Uncertainty Baselines: Benchmarks for Uncertainty & Robustness in Deep
Learning
- URL: http://arxiv.org/abs/2106.04015v1
- Date: Mon, 7 Jun 2021 23:57:32 GMT
- Title: Uncertainty Baselines: Benchmarks for Uncertainty & Robustness in Deep
Learning
- Authors: Zachary Nado, Neil Band, Mark Collier, Josip Djolonga, Michael W.
Dusenberry, Sebastian Farquhar, Angelos Filos, Marton Havasi, Rodolphe
Jenatton, Ghassen Jerfel, Jeremiah Liu, Zelda Mariet, Jeremy Nixon, Shreyas
Padhy, Jie Ren, Tim G. J. Rudner, Yeming Wen, Florian Wenzel, Kevin Murphy,
D. Sculley, Balaji Lakshminarayanan, Jasper Snoek, Yarin Gal, Dustin Tran
- Abstract summary: We introduce Uncertainty Baselines: high-quality implementations of standard and state-of-the-art deep learning methods on a variety of tasks.

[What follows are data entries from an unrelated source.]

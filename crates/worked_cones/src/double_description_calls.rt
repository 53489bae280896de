ghost use Rattle.std.specs.Prelude.{◌≡◌, ◌+◌, ◌<◌, ◌≤◌, ◌↔◌, length, IsTrue};
ghost use Rattle.text_definitions.specs.Text.{max_text};
ghost use Rattle.ray_steps.specs.Clashes.{AreClashes, IsClashFree, IsInUnion};
ghost use Rattle.double_description.specs.Orders.{ChoosesBy};

use crate::sample_cones::{are_rays, cone};
use cone_core::{MAX_ENTRY, System};
use double_description::{
    LargeKind, LargeStep, NamedOrder, Order, Permit, Picker, choice, enumerate,
};
use out_of_memory::{Failure, NoMemory};
use std::alloc::Global;
use std::cell::Cell;
use std::process::Abort;
use std::test::Fail;
use support_bits::Support;

/// What an enumeration returns: the vectors of its list, or the one with an entry that exceeds the limit, and the rows
/// up to there, in the order in which they were processed.
#[derive(Drop)]
struct Expected<'a> {
    vectors: &'a [&'a [u128]],
    rows: &'a [u32],
}

/// Without clashing pairs: asserts that the enumeration of the cone `text` by `order` returns `expected`, and returns
/// whether no number exceeds `limit`.
fn rays_are(
    rt: &impl Abort,
    alloc: Global,
    text: &[u8],
    order: NamedOrder,
    limit: u128,
    expected: Expected<'_>,
) -> Result<bool, Fail>
    requires text { length text.now ≤ max_text }
    requires most_limit { limit ≤ MAX_ENTRY }
{
    let system = cone(rt, alloc, text)?;
    let permit = Permit::new(
        Vec::new(alloc),
        system.columns(),
        |_: &Support, _: &Support| true,
    );
    let rule = order.rule;
    let picker = Picker::new(rule, |s: &System, rows: &[u32]| choice(rule, s, rows));
    match enumerate(alloc, &system, &permit, &picker, limit) {
        Ok(rays) => {
            are_rays(rt, &rays.list, expected.vectors);
            assert_eq!(rt; rays.order.as_slice(), expected.rows);
            Ok(true)
        }
        Err(Failure::Fault(LargeStep { order, kind })) => {
            assert_eq!(rt; order.as_slice(), expected.rows);
            match kind {
                LargeKind::Value(x) => are_rays(rt, &[x], expected.vectors),
                LargeKind::Pair(u, w) => are_rays(rt, &[u, w], expected.vectors),
            }
            Ok(false)
        }
        Err(Failure::NoMemory) => Err(NoMemory)?,
    }
}

#[test]
fn small_cones(rt: HostRuntime) -> Result<(), Fail> {
    let alloc = rt.alloc();
    let one = b"cone 2 1\n2 -1";
    assert!(rt;
        rays_are(
            &rt,
            alloc,
            one,
            NamedOrder::GIVEN,
            MAX_ENTRY,
            Expected {
                vectors: &[&[1, 2]],
                rows: &[0]
            }
        )?
    );
    assert!(rt;
        !rays_are(
            &rt,
            alloc,
            one,
            NamedOrder::GIVEN,
            1,
            Expected {
                vectors: &[&[1, 0]],
                rows: &[0]
            }
        )?
    );
    let two = b"cone 3 2\n1 -2 0\n0 1 -2";
    assert!(rt;
        rays_are(
            &rt,
            alloc,
            two,
            NamedOrder::ZEROS,
            4,
            Expected {
                vectors: &[&[4, 2, 1]],
                rows: &[1, 0]
            }
        )?
    );
    assert!(rt;
        !rays_are(
            &rt,
            alloc,
            two,
            NamedOrder::GIVEN,
            2,
            Expected {
                vectors: &[&[2, 1, 0], &[0, 0, 1]],
                rows: &[0, 1]
            }
        )?
    );
    assert!(rt;
        !rays_are(
            &rt,
            alloc,
            two,
            NamedOrder::ZEROS,
            2,
            Expected {
                vectors: &[&[0, 2, 1]],
                rows: &[1, 0]
            }
        )?
    );
    let short = b"cone 3 2\n1 1 -1\n2 -1 0";
    assert!(rt;
        !rays_are(
            &rt,
            alloc,
            short,
            NamedOrder::SHORT,
            1,
            Expected {
                vectors: &[&[1, 0, 0]],
                rows: &[1]
            }
        )?
    );
    assert!(rt;
        !rays_are(
            &rt,
            alloc,
            short,
            NamedOrder::GIVEN,
            1,
            Expected {
                vectors: &[&[1, 0, 1]],
                rows: &[0, 1]
            }
        )?
    );
    Ok(())
}

fn is_in_union(a: &Support, b: &Support, column: u32) -> bool
    requires first { column < length a.now }
    requires second { column < length b.now }
    ensures { IsTrue result ↔ IsInUnion a.now b.now column }
{
    a.contains(column) || b.contains(column)
}

fn is_clash_free(clashes: &[(u32, u32)], a: &Support, b: &Support) -> bool
    requires lengths { length b.now ≡ length a.now }
    requires clashes { AreClashes (length a.now) clashes.now }
    ensures { IsTrue result ↔ IsClashFree clashes.now a.now b.now }
{
    for (first, second) in clashes {
        if is_in_union(a, b, *first) && is_in_union(a, b, *second) {
            return false;
        }
    }
    true
}

/// The six rows of a table in standard coordinates, with its three clashing pairs; how often the test is called.
fn surfaces_are<G: Fn(&System, &[u32]) -> usize>(
    rt: &impl Abort,
    alloc: Global,
    text: &[u8],
    picker: &Picker<G>,
    vectors: &[&[u128]],
    rows: &[u32],
) -> Result<u64, Fail>
    requires text { length text.now ≤ max_text }
    requires chooses { ChoosesBy picker.now.order (G.pre picker.now.choose) (G.post picker.now.choose) }
{
    let system = cone(rt, alloc, text)?;
    assert_eq!(rt; system.columns(), 7);
    let pairs = [(4, 5), (4, 6), (5, 6)];
    let asked = Cell::new(0u64);
    let permit = Permit::new(
        Vec::from_slice(alloc, &pairs)?,
        7,
        |a: &Support, b: &Support| -> bool
            requires lengths { length b.now ≡ length a.now }
            requires clashes { AreClashes (length a.now) pairs }
            ensures { IsTrue result ↔ IsClashFree pairs a.now b.now }
        {
            asked.set(asked.get().wrapping_add(1));
            is_clash_free(&pairs, a, b)
        },
    );
    match enumerate(alloc, &system, &permit, picker, MAX_ENTRY) {
        Ok(rays) => {
            are_rays(rt, &rays.list, vectors);
            assert_eq!(rt; rays.order.as_slice(), rows);
        }
        Err(_) => panic!(rt; "a list was expected"),
    }
    Ok(asked.get())
}

#[test]
fn surfaces_of_one_tetrahedron(rt: HostRuntime) -> Result<(), Fail> {
    let alloc = rt.alloc();
    let sphere =
        b"cone 7 6\n-1 1 0 0 0 0 0\n0 0 0 0 0 1 -1\n0 0 0 0 0 -1 1\n1 -1 0 0 0 0 0\n0 1 -1 0 -1 0 1\n-1 0 0 1 1 0 -1";
    let given = Picker::new(Order::Given, |s: &System, rows: &[u32]| {
        choice(Order::Given, s, rows)
    });
    let asked = surfaces_are(
        &rt,
        alloc,
        sphere,
        &given,
        &[&[1, 1, 0, 0, 1, 0, 0], &[1, 1, 1, 1, 0, 0, 0]],
        &[0, 1, 2, 3, 4, 5],
    )?;
    assert!(rt; asked != 0);
    let equal =
        b"cone 7 6\n-1 1 0 0 0 0 0\n0 0 0 0 0 1 -1\n0 0 0 0 0 -1 1\n0 0 0 0 0 1 -1\n0 0 0 0 0 -1 1\n0 0 -1 1 0 0 0";
    let last = Picker::new(
        Order::Free,
        |_: &System, rows: &[u32]| -> usize
            requires { 0 < length rows.now }
            ensures { result + 1 ≡ length rows.now }
        { rows.len() - 1 },
    );
    surfaces_are(
        &rt,
        alloc,
        equal,
        &last,
        &[
            &[0, 0, 0, 0, 1, 0, 0],
            &[0, 0, 1, 1, 0, 0, 0],
            &[1, 1, 0, 0, 0, 0, 0],
        ],
        &[5, 4, 3, 2, 1, 0],
    )?;
    Ok(())
}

Each baseline is a self-contained experiment pipeline with easily reusable and extendable components.
We provide model checkpoints, experiment outputs as Python notebooks, and leaderboards for comparing results.
- Score: 66.59455427102152
- License: http://arxiv.org/licenses/nonexclusive-distrib/1.0/
- Abstract: High-quality estimates of uncertainty and robustness are crucial for numerous
real-world applications, especially for deep learning which underlies many
deployed ML systems. The ability to compare techniques for improving these
estimates is therefore very important for research and practice alike. Yet,
competitive comparisons of methods are often lacking due to a range of reasons,
including: compute availability for extensive tuning, incorporation of
sufficiently many baselines, and concrete documentation for reproducibility. In
this paper we introduce Uncertainty Baselines: high-quality implementations of
standard and state-of-the-art deep learning methods on a variety of tasks. As
of this writing, the collection spans 19 methods across 9 tasks, each with at
least 5 metrics. Each baseline is a self-contained experiment pipeline with
easily reusable and extendable components. Our goal is to provide immediate
starting points for experimentation with new methods or applications.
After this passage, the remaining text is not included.